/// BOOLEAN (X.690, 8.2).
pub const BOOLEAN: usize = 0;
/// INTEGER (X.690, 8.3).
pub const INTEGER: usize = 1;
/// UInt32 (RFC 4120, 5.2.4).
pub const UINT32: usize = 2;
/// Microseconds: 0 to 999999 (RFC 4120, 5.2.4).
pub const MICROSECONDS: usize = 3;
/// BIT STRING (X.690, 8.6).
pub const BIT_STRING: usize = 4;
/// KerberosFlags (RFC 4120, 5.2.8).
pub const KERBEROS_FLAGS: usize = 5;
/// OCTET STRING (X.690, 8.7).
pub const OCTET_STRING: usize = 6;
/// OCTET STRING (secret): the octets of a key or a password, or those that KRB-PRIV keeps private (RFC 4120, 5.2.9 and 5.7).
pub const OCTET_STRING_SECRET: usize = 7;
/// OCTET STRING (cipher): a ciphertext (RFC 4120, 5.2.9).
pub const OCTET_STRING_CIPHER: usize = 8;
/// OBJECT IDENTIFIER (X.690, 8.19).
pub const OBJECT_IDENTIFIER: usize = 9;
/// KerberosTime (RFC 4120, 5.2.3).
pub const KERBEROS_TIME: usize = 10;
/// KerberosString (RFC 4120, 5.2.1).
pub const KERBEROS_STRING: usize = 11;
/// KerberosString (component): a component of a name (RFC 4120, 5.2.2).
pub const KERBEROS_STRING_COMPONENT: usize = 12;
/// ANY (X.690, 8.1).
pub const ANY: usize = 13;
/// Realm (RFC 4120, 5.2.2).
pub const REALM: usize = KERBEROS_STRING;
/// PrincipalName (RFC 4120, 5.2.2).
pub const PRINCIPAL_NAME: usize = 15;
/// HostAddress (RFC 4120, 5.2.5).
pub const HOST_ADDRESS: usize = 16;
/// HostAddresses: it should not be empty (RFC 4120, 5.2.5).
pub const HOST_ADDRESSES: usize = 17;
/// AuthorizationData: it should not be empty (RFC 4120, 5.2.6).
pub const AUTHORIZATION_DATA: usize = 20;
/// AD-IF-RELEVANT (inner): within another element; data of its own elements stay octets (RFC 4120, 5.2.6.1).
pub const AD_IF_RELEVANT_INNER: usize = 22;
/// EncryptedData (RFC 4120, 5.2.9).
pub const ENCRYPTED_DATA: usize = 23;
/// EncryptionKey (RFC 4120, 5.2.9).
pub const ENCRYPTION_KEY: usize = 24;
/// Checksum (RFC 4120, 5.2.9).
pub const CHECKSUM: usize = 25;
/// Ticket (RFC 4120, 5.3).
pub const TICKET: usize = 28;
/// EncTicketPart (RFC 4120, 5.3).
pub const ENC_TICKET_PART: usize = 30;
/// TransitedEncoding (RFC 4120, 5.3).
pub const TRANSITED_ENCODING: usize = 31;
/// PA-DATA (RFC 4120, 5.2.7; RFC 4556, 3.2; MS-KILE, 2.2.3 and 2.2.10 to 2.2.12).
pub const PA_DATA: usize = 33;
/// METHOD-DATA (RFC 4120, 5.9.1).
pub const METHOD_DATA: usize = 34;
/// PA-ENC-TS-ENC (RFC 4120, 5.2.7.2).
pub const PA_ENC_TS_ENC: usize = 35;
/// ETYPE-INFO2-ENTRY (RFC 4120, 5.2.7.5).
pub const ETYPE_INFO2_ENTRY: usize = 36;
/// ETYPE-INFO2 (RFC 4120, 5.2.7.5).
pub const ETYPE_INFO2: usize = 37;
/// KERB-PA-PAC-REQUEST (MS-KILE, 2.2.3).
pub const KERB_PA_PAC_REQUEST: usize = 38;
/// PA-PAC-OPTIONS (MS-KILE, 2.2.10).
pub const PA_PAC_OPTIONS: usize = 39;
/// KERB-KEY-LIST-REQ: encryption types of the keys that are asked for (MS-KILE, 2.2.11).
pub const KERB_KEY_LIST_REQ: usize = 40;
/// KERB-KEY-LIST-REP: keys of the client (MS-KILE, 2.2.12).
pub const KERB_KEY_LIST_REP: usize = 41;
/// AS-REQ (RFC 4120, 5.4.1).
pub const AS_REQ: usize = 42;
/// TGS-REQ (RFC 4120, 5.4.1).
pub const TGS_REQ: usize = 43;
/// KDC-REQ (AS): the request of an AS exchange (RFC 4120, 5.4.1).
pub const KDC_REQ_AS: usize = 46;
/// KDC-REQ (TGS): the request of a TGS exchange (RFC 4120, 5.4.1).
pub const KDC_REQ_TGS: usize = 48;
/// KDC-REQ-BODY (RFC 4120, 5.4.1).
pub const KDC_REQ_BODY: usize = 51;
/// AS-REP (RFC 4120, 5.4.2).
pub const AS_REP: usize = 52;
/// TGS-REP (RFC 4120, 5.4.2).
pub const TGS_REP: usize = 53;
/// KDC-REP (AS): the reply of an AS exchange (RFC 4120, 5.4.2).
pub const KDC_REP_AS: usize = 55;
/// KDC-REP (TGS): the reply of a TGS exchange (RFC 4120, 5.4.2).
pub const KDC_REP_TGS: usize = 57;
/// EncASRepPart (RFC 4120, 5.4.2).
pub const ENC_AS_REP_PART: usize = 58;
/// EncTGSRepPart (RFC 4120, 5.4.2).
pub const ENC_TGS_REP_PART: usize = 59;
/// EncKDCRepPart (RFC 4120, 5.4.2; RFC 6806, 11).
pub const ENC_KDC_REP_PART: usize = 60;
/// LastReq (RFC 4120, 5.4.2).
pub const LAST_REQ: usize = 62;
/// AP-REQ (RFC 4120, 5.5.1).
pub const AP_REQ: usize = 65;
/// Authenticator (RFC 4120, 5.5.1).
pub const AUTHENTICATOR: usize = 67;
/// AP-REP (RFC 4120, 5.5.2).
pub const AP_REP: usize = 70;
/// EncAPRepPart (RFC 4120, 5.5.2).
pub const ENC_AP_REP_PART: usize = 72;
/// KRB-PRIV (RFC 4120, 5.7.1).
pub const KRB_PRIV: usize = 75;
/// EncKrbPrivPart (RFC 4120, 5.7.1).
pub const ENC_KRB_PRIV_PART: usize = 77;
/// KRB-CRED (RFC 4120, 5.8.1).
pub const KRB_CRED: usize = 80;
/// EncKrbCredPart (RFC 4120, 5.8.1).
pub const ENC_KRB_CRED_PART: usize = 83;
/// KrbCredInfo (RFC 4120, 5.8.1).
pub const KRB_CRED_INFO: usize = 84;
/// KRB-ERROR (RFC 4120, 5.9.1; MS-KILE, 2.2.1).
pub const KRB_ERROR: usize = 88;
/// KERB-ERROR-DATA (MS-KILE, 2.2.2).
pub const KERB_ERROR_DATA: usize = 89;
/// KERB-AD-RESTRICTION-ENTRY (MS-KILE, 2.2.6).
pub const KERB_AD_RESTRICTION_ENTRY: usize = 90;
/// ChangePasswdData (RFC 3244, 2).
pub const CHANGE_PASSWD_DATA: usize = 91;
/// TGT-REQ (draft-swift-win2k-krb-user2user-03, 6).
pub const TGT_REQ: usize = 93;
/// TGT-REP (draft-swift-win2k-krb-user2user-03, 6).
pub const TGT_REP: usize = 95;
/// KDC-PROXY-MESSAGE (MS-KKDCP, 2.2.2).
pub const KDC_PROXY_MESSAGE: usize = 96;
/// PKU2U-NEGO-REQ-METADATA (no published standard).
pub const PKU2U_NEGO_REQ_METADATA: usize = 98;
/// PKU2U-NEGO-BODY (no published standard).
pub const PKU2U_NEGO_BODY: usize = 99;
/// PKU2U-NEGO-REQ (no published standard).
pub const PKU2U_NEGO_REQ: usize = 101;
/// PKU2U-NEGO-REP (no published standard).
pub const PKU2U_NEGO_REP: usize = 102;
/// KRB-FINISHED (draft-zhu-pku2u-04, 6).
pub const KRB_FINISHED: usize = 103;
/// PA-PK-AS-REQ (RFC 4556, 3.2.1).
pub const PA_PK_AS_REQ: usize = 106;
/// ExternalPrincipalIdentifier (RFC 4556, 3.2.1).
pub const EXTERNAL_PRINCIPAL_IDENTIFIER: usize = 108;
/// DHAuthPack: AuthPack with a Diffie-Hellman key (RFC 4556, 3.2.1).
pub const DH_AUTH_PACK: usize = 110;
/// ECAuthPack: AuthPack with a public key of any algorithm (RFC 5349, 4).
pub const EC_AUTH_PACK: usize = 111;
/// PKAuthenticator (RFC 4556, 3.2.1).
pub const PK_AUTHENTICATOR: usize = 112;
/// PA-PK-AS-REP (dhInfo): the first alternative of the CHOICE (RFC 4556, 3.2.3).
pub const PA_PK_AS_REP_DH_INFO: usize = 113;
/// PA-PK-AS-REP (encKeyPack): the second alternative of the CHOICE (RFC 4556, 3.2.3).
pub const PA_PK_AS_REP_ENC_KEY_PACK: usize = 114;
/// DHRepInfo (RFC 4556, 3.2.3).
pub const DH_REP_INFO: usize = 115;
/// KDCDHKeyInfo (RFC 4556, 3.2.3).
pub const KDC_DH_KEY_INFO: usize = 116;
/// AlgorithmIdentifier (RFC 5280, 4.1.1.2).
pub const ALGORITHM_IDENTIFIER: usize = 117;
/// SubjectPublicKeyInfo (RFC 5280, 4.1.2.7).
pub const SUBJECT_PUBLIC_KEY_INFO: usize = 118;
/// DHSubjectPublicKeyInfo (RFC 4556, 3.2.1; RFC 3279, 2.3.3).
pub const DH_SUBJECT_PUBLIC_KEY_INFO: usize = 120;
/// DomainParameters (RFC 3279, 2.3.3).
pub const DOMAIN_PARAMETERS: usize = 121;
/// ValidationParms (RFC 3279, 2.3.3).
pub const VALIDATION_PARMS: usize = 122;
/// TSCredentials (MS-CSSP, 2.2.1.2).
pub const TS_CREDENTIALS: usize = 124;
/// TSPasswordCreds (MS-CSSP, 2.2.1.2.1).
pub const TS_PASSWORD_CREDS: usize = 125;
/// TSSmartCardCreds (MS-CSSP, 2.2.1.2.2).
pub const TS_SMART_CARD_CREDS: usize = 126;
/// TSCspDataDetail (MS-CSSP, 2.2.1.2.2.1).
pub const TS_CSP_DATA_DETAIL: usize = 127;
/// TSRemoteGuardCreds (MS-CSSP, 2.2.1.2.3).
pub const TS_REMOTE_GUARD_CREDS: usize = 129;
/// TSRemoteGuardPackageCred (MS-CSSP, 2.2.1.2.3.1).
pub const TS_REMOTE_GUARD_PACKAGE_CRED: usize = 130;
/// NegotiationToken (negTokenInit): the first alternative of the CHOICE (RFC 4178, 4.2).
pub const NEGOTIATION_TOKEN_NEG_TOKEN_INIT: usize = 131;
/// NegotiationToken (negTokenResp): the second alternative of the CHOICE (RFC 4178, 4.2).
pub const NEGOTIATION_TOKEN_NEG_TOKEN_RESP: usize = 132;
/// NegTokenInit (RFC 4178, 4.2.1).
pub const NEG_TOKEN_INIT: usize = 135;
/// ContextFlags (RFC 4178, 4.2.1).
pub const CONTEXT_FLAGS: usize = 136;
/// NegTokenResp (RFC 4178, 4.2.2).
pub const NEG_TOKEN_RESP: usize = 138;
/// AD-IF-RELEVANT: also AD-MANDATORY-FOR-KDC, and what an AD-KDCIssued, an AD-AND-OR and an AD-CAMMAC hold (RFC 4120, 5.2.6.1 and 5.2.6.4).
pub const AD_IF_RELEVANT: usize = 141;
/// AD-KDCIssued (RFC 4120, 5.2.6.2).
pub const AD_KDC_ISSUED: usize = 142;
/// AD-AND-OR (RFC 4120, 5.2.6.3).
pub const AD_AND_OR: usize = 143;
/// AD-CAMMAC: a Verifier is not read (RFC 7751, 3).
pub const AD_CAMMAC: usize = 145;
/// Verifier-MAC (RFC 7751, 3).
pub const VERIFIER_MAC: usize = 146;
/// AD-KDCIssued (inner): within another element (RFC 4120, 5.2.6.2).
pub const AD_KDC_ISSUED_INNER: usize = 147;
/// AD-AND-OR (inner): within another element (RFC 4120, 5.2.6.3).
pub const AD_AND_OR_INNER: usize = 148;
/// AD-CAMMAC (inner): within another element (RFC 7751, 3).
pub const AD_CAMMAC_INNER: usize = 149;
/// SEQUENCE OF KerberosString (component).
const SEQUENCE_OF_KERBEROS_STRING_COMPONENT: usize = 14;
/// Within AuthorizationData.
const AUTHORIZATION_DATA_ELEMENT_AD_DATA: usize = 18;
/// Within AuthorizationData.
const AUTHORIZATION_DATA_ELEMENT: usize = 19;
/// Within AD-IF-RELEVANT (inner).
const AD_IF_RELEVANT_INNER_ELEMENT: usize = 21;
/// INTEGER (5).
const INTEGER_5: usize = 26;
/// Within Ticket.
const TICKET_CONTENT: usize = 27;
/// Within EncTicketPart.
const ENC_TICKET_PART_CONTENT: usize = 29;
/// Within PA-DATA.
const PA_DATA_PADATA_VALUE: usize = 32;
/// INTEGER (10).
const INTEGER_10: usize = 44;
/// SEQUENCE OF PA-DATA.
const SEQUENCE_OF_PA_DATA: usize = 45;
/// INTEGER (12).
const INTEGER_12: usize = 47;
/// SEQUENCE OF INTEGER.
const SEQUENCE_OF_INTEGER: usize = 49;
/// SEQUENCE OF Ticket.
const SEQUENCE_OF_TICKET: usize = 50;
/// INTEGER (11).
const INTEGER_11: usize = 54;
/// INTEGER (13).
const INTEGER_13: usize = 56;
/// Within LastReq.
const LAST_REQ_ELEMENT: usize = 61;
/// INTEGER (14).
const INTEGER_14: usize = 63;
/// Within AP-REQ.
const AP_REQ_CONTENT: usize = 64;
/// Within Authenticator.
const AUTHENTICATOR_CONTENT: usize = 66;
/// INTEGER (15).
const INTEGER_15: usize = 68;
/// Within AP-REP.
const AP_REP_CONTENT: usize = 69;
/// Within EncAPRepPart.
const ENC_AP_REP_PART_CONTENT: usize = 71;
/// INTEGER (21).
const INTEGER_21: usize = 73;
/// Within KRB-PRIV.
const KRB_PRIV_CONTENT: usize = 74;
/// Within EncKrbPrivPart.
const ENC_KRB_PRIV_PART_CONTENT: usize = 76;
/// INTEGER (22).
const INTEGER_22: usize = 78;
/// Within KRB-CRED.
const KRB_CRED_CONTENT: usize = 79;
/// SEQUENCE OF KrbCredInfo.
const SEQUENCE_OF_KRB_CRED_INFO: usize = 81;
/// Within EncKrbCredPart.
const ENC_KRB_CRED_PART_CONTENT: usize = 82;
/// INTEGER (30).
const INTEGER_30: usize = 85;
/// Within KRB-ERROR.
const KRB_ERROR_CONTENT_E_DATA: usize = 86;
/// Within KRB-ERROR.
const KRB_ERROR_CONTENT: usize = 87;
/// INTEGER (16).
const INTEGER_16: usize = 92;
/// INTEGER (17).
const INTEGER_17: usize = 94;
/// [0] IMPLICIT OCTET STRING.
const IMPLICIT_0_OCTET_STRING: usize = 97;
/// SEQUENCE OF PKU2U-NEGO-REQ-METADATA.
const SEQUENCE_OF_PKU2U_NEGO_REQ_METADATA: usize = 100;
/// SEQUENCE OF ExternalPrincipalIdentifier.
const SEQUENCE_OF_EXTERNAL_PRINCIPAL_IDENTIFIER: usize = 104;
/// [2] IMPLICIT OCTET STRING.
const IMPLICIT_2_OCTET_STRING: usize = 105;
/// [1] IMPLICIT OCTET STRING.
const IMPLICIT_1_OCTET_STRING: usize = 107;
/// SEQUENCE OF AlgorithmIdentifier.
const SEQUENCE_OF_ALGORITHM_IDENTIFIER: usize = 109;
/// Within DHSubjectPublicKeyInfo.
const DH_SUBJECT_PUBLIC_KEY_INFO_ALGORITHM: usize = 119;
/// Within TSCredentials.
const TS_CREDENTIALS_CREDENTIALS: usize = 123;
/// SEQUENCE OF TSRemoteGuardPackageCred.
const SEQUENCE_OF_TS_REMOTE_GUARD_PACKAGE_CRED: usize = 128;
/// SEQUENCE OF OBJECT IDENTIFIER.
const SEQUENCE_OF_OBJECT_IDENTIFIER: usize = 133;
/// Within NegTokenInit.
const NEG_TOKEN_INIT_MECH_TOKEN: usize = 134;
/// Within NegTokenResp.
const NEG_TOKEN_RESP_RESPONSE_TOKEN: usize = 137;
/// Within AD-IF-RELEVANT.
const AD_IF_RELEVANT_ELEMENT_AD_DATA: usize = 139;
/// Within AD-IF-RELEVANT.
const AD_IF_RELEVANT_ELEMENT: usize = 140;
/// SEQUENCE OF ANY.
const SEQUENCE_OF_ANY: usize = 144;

◇ ◇ ◇ ◇ ◇

> **EXERCISE**
Looking at the data above, how many lines hold the string "alternative"? Reply with only the number.

> **RESPONSE BELOW**
4